*What needs to be done*. Once you find the line with "use cp_term::Name;" in the data that follows, repeat it and every line after it exactly, through the line with "[first, ..] =>".

___ Given data

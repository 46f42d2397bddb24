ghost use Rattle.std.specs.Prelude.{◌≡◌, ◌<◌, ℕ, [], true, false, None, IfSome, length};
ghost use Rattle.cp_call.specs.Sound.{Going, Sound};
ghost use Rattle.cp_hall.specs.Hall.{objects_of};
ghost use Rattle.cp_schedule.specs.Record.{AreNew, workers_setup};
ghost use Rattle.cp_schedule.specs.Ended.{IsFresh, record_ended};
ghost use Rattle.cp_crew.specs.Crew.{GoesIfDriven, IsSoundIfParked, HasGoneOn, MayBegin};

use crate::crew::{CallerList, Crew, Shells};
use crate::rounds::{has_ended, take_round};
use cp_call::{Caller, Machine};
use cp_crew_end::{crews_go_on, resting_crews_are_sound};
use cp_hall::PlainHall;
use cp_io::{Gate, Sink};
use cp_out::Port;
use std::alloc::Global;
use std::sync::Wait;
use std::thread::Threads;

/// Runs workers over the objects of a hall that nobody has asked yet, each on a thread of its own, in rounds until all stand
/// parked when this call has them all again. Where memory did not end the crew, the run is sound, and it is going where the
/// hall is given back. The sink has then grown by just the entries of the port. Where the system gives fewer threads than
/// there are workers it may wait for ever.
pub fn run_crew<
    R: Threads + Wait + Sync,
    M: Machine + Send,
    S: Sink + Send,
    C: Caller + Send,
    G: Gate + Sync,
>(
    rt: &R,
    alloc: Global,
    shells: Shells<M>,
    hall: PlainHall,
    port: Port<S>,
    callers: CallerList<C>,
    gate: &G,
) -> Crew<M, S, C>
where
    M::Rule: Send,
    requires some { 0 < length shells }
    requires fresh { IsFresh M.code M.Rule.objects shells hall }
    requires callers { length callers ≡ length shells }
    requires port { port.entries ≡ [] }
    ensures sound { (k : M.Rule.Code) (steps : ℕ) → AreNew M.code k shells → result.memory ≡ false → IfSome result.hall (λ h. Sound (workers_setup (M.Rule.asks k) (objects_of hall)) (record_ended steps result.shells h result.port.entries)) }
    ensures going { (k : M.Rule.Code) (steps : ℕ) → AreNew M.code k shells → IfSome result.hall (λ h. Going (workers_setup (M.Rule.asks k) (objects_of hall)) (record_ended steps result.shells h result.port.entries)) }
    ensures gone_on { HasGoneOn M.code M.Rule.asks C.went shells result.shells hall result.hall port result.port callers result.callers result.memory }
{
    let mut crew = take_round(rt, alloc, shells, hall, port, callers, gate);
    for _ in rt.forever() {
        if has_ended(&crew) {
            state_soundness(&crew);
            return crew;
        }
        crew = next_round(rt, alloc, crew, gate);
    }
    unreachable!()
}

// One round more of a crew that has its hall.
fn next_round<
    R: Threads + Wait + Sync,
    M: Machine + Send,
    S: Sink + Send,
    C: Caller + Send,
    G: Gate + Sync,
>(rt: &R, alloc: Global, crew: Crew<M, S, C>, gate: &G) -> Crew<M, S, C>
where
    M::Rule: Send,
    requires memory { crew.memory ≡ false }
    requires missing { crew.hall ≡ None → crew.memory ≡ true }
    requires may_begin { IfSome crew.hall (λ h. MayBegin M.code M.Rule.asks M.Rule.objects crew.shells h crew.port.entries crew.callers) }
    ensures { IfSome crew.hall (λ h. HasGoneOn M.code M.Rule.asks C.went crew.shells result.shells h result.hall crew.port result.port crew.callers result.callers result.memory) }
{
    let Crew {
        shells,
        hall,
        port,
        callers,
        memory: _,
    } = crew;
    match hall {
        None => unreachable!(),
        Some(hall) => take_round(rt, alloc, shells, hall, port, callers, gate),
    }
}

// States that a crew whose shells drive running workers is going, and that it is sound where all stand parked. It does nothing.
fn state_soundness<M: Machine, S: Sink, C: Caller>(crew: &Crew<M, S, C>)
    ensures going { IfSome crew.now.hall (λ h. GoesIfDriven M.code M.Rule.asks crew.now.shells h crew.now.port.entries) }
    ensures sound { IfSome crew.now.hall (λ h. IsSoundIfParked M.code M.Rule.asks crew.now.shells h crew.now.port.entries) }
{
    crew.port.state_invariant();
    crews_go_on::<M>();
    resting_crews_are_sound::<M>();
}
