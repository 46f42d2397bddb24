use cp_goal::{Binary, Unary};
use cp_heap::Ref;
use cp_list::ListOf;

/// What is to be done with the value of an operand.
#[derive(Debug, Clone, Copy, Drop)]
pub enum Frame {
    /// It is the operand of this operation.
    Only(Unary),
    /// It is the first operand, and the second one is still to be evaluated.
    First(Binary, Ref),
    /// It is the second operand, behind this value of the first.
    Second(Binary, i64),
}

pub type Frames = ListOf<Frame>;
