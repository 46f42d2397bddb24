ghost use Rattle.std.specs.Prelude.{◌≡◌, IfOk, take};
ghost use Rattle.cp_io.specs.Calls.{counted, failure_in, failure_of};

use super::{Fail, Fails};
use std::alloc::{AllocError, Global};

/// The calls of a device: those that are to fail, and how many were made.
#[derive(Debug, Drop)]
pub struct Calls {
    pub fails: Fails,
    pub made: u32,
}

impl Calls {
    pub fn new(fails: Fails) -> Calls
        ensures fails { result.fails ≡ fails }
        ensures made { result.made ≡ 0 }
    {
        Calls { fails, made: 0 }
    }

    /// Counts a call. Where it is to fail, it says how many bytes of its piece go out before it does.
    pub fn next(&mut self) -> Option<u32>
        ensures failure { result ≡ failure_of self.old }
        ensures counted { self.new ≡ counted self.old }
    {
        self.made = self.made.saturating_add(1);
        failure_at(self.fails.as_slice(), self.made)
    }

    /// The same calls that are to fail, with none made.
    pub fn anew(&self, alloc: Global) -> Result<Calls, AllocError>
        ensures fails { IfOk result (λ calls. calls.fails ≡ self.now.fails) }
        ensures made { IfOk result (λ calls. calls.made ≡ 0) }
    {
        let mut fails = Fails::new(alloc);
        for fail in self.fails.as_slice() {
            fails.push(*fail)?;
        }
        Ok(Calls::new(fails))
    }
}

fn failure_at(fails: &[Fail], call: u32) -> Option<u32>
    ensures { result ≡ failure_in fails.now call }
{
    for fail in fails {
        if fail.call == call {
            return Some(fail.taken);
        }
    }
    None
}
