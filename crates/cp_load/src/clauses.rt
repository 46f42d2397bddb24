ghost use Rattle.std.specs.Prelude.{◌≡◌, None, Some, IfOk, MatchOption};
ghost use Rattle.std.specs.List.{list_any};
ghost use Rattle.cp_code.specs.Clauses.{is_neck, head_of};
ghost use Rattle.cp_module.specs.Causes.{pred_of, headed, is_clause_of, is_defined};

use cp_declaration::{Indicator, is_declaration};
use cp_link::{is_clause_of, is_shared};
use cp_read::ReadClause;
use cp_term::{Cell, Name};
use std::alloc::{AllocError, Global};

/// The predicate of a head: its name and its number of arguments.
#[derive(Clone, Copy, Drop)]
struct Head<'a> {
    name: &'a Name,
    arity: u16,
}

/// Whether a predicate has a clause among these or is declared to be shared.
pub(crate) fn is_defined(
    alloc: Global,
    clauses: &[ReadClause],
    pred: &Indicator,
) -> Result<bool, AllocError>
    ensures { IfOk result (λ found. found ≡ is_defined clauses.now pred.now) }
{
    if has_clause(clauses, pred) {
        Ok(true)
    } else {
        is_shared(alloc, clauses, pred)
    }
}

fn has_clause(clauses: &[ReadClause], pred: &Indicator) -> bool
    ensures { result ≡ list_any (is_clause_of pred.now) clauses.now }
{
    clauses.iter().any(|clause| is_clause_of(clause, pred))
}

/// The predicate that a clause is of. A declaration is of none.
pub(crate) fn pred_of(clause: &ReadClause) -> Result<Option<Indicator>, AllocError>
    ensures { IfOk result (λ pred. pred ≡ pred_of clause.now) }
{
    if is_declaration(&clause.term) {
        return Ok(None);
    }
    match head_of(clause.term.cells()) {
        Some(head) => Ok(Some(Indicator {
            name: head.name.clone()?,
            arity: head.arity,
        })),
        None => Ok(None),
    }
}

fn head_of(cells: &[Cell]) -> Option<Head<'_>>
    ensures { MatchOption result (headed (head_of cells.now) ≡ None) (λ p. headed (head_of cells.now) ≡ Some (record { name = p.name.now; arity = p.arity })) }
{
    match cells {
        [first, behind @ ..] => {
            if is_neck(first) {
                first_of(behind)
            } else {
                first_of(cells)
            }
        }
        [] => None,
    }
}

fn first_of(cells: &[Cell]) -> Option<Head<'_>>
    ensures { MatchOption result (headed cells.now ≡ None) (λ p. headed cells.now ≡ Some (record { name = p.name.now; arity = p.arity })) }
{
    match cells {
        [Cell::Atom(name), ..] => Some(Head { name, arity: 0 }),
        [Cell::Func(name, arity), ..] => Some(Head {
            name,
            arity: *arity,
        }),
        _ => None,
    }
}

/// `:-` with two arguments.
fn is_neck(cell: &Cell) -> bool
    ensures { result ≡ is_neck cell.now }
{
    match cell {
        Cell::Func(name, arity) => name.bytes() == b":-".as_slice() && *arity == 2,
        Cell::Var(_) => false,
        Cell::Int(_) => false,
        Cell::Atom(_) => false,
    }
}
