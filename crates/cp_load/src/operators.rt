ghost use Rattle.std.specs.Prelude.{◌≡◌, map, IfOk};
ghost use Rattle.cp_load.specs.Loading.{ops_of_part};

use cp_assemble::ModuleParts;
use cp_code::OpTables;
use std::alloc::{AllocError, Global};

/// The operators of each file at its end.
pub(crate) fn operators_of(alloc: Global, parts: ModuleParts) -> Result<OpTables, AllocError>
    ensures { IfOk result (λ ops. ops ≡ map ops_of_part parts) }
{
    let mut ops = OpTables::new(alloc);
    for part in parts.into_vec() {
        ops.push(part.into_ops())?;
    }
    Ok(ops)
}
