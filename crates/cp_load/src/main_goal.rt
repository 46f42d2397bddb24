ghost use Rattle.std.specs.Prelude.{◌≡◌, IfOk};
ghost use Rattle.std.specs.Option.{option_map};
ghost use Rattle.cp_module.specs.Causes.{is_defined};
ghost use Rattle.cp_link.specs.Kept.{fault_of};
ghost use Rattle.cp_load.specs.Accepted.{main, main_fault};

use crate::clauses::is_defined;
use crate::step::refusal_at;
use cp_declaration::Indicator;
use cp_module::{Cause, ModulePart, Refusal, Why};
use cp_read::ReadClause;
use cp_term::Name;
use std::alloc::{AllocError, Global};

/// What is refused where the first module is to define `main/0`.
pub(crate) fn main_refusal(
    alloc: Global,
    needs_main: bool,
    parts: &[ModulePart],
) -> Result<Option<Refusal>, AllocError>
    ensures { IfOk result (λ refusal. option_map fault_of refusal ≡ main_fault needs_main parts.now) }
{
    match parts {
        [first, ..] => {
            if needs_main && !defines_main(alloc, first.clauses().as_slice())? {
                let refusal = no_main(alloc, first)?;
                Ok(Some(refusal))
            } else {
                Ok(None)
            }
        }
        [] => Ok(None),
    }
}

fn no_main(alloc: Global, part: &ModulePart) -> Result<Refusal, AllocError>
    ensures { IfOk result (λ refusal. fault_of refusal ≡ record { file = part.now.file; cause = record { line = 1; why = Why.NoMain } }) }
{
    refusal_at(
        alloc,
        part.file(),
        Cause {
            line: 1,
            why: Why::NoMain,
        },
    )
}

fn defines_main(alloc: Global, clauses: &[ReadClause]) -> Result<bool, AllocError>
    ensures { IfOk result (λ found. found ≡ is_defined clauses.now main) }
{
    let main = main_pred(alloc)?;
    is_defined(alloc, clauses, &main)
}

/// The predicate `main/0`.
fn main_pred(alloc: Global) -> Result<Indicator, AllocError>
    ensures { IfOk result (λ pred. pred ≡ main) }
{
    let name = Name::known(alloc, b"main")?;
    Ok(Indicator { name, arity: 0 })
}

______

*Reply*.
use cp_term::Name;
use std::alloc::{AllocError, Global};

/// What is refused where the first module is to define `main/0`.
pub(crate) fn main_refusal(
    alloc: Global,
    needs_main: bool,
    parts: &[ModulePart],
) -> Result<Option<Refusal>, AllocError>
    ensures { IfOk result (λ refusal. option_map fault_of refusal ≡ main_fault needs_main parts.now) }
{
    match parts {
        [first, ..] => {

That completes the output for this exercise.